*EXERCISE DATA*:

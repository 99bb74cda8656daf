//! Expressions and matches, read by recursive descent.

ghost use Rattle.std.specs.Prelude.{◌≡◌, OnOk};
ghost use Rattle.core_expressions.specs.Expressions.{disjunction_after, conjunction_after, operand_after, chained, beside, side, typed_of, handled, handle_exp, prefix_word, raise_exp, exp_behind, rules_behind, if_exp, while_exp, case_exp, fn_of, rules_of, more_rules, rule};
ghost use Rattle.core_expressions.specs.Levels.{below, level};
ghost use Rattle.phrase_reading.specs.Reads.{Reads};

use crate::atexp::atexp;
use crate::exp_constraints::constraints;
use crate::rule_pats::{first_of_pat, pat_after};
use crate::run::run_from;
use cm_base::List;
use expression_parts::chain::Chain;
use expression_parts::exp_starts::{first_of_exp, starts_prefix};
use expression_parts::nodes::{branched, cased, guarded, linked, raised, repeated};
use infix_names::fixity::Fixities;
use phrase_reading::lexeme::{at, word};
use phrase_reading::lexemes::Lexemes;
use phrase_reading::stop::Stop;
use phrase_reading::tall::{Tall, lower, more, one, one_above};
use sml_lexer::{Lexeme, Word};
use sml_trees::held::both;
use sml_trees::{At, FullExp, FullRule};
use std::alloc::Global;

/// An expression.
#[cycle(phrases)]
#[tactic(auto, unfolding(crate::specs::Expressions::exp_of))]
pub fn exp(
    alloc: Global,
    lexemes: &mut Lexemes<'_>,
    fixities: &mut Fixities,
    levels: u32,
) -> Result<Tall<FullExp>, Stop>
    ensures same { OnOk result (fixities.new ≡ fixities.old) }
    ensures reads { Reads ((level levels).exp fixities.old)
        lexemes.old.rest.now result lexemes.new.rest.now }
{
    let start = first_of_exp(lexemes, fixities)?;
    let left = disjunction_after(alloc, lexemes, fixities, levels, start)?;
    handled(alloc, lexemes, fixities, levels, at(start), left)
}

/// What stands on a side of `orelse`.
#[cycle(phrases)]
#[tactic(auto, unfolding(crate::specs::Expressions::conjunction_of))]
fn conjunction(
    alloc: Global,
    lexemes: &mut Lexemes<'_>,
    fixities: &mut Fixities,
    levels: u32,
) -> Result<Tall<FullExp>, Stop>
    ensures same { OnOk result (fixities.new ≡ fixities.old) }
    ensures reads { Reads ((level levels).conjunction fixities.old)
        lexemes.old.rest.now result lexemes.new.rest.now }
{
    let start = first_of_exp(lexemes, fixities)?;
    conjunction_after(alloc, lexemes, fixities, levels, start)
}

/// What stands on a side of `andalso`.
#[cycle(phrases)]
#[tactic(auto, unfolding(crate::specs::Expressions::operand_of))]
fn operand(
    alloc: Global,
    lexemes: &mut Lexemes<'_>,
    fixities: &mut Fixities,
    levels: u32,
) -> Result<Tall<FullExp>, Stop>
    ensures same { OnOk result (fixities.new ≡ fixities.old) }
    ensures reads { Reads ((level levels).operand fixities.old)
        lexemes.old.rest.now result lexemes.new.rest.now }
{
    let start = first_of_exp(lexemes, fixities)?;
    operand_after(alloc, lexemes, fixities, levels, start)
}

/// What stands before `handle`, behind its first lexeme.
#[cycle(phrases)]
#[tactic(auto, unfolding(crate::specs::Expressions::disjunction_after))]
fn disjunction_after(
    alloc: Global,
    lexemes: &mut Lexemes<'_>,
    fixities: &mut Fixities,
    levels: u32,
    start: &Lexeme,
) -> Result<Tall<FullExp>, Stop>
    ensures same { OnOk result (fixities.new ≡ fixities.old) }
    ensures reads { Reads (disjunction_after levels (below levels) fixities.old start.now)
        lexemes.old.rest.now result lexemes.new.rest.now }
{
    let first = conjunction_after(alloc, lexemes, fixities, levels, start)?;
    chained(
        alloc,
        lexemes,
        fixities,
        levels,
        at(start),
        Chain::Disjunction,
        first,
    )
}

/// What stands on a side of `orelse`, behind its first lexeme.
#[cycle(phrases)]
#[tactic(auto, unfolding(crate::specs::Expressions::conjunction_after))]
fn conjunction_after(
    alloc: Global,
    lexemes: &mut Lexemes<'_>,
    fixities: &mut Fixities,
    levels: u32,
    start: &Lexeme,
) -> Result<Tall<FullExp>, Stop>
    ensures same { OnOk result (fixities.new ≡ fixities.old) }
    ensures reads { Reads (conjunction_after levels (below levels) fixities.old start.now)
        lexemes.old.rest.now result lexemes.new.rest.now }
{
    let first = operand_after(alloc, lexemes, fixities, levels, start)?;
    chained(
        alloc,
        lexemes,
        fixities,
        levels,
        at(start),
        Chain::Conjunction,
        first,
    )
}

/// What a chain goes on with, behind its first operand.
#[cycle(phrases)]
#[tactic(auto, using(crate::proofs::ExpSteps::chained_steps))]
fn chained(
    alloc: Global,
    lexemes: &mut Lexemes<'_>,
    fixities: &mut Fixities,
    levels: u32,
    at: At,
    chain: Chain,
    first: Tall<FullExp>,
) -> Result<Tall<FullExp>, Stop>
    ensures same { OnOk result (fixities.new ≡ fixities.old) }
    ensures reads { Reads (chained levels (below levels) fixities.old at chain first)
        lexemes.old.rest.now result lexemes.new.rest.now }
{
    let mut left = first;
    while lexemes.sees(chain.word()) {
        lexemes.take();
        left = beside(alloc, lexemes, fixities, levels, at, chain, left)?;
    }
    Ok(left)
}

/// The word of a chain, behind it, with what stands on both its sides.
#[cycle(phrases)]
#[tactic(auto, using(crate::proofs::ExpSteps::beside_steps))]
fn beside(
    alloc: Global,
    lexemes: &mut Lexemes<'_>,
    fixities: &mut Fixities,
    levels: u32,
    at: At,
    chain: Chain,
    left: Tall<FullExp>,
) -> Result<Tall<FullExp>, Stop>
    ensures same { OnOk result (fixities.new ≡ fixities.old) }
    ensures reads { Reads (beside levels (below levels) fixities.old at chain left)
        lexemes.old.rest.now result lexemes.new.rest.now }
{
    let left = lower(left, levels)?;
    let right = side(alloc, lexemes, fixities, levels - 1, chain);
    let (left, right) = both(left, right)?;
    Ok(linked(alloc, chain, at, left, right)?)
}

/// What stands on each side of the word of a chain.
#[cycle(phrases)]
fn side(
    alloc: Global,
    lexemes: &mut Lexemes<'_>,
    fixities: &mut Fixities,
    levels: u32,
    chain: Chain,
) -> Result<Tall<FullExp>, Stop>
    ensures same { OnOk result (fixities.new ≡ fixities.old) }
    ensures reads { Reads (side (level levels) fixities.old chain)
        lexemes.old.rest.now result lexemes.new.rest.now }
{
    match chain {
        Chain::Conjunction => operand(alloc, lexemes, fixities, levels),
        Chain::Disjunction => conjunction(alloc, lexemes, fixities, levels),
    }
}

/// What stands on a side of `andalso`, behind its first lexeme.
#[cycle(phrases)]
#[tactic(auto, using(crate::proofs::ExpSteps::operand_steps))]
fn operand_after(
    alloc: Global,
    lexemes: &mut Lexemes<'_>,
    fixities: &mut Fixities,
    levels: u32,
    start: &Lexeme,
) -> Result<Tall<FullExp>, Stop>
    ensures same { OnOk result (fixities.new ≡ fixities.old) }
    ensures reads { Reads (operand_after levels (below levels) fixities.old start.now)
        lexemes.old.rest.now result lexemes.new.rest.now }
{
    if !starts_prefix(word(start)) {
        return typed(alloc, lexemes, fixities, levels, start);
    }
    if levels == 0 {
        return Err(Stop::TooDeep);
    }
    prefix_form(alloc, lexemes, fixities, levels - 1, at(start), word(start))
}

/// A run with its constraints, behind its first lexeme.
#[cycle(phrases)]
#[tactic(auto, unfolding(crate::specs::Expressions::typed_of))]
fn typed(
    alloc: Global,
    lexemes: &mut Lexemes<'_>,
    fixities: &mut Fixities,
    levels: u32,
    start: &Lexeme,
) -> Result<Tall<FullExp>, Stop>
    ensures same { OnOk result (fixities.new ≡ fixities.old) }
    ensures reads { Reads (typed_of levels (below levels) fixities.old start.now)
        lexemes.old.rest.now result lexemes.new.rest.now }
{
    let first = atexp(alloc, lexemes, fixities, levels, start)?;
    let run = run_from(alloc, lexemes, fixities, levels, at(start), first)?;
    constraints(alloc, lexemes, levels, at(start), run)
}

/// An expression with its handler, if one stands behind it.
#[cycle(phrases)]
#[tactic(auto, using(crate::proofs::ExpSteps::handled_steps))]
fn handled(
    alloc: Global,
    lexemes: &mut Lexemes<'_>,
    fixities: &mut Fixities,
    levels: u32,
    at: At,
    left: Tall<FullExp>,
) -> Result<Tall<FullExp>, Stop>
    ensures same { OnOk result (fixities.new ≡ fixities.old) }
    ensures reads { Reads (handled levels (below levels) fixities.old at left)
        lexemes.old.rest.now result lexemes.new.rest.now }
{
    if !lexemes.sees(Word::Handle) {
        return Ok(left);
    }
    lexemes.take();
    handle_exp(alloc, lexemes, fixities, levels, at, left)
}

/// A handler behind its word, with the expression before it.
#[cycle(phrases)]
#[tactic(auto, using(crate::proofs::ExpSteps::handle_steps))]
fn handle_exp(
    alloc: Global,
    lexemes: &mut Lexemes<'_>,
    fixities: &mut Fixities,
    levels: u32,
    at: At,
    left: Tall<FullExp>,
) -> Result<Tall<FullExp>, Stop>
    ensures same { OnOk result (fixities.new ≡ fixities.old) }
    ensures reads { Reads (handle_exp levels (below levels) fixities.old at left)
        lexemes.old.rest.now result lexemes.new.rest.now }
{
    let left = lower(left, levels)?;
    let rules = rules(alloc, lexemes, fixities, levels - 1);
    let (left, rules) = both(left, rules)?;
    Ok(guarded(alloc, at, left, rules)?)
}

/// A form that reaches to the right, behind its first word.
#[cycle(phrases)]
fn prefix_form(
    alloc: Global,
    lexemes: &mut Lexemes<'_>,
    fixities: &mut Fixities,
    levels: u32,
    at: At,
    word: Option<Word>,
) -> Result<Tall<FullExp>, Stop>
    ensures same { OnOk result (fixities.new ≡ fixities.old) }
    ensures reads { Reads (prefix_word (level levels) fixities.old at word)
        lexemes.old.rest.now result lexemes.new.rest.now }
{
    match word {
        Some(Word::Raise) => raise_exp(alloc, lexemes, fixities, levels, at),
        Some(Word::If) => if_exp(alloc, lexemes, fixities, levels, at),
        Some(Word::While) => while_exp(alloc, lexemes, fixities, levels, at),
        Some(Word::Case) => case_exp(alloc, lexemes, fixities, levels, at),
        Some(Word::Fn) => fn_of(alloc, lexemes, fixities, levels, at),
        _ => Err(Stop::Refused),
    }
}

/// `raise exp`
#[cycle(phrases)]
#[tactic(auto, unfolding(crate::specs::Expressions::raise_exp))]
fn raise_exp(
    alloc: Global,
    lexemes: &mut Lexemes<'_>,
    fixities: &mut Fixities,
    levels: u32,
    at: At,
) -> Result<Tall<FullExp>, Stop>
    ensures same { OnOk result (fixities.new ≡ fixities.old) }
    ensures reads { Reads (raise_exp (level levels) fixities.old at)
        lexemes.old.rest.now result lexemes.new.rest.now }
{
    let inner = exp(alloc, lexemes, fixities, levels)?;
    Ok(raised(alloc, at, inner)?)
}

*AIM OF THE TASK*:
Answer with a single number, the count of lines in the data that contain "before".

*ANSWER FOR THE TASK*:
2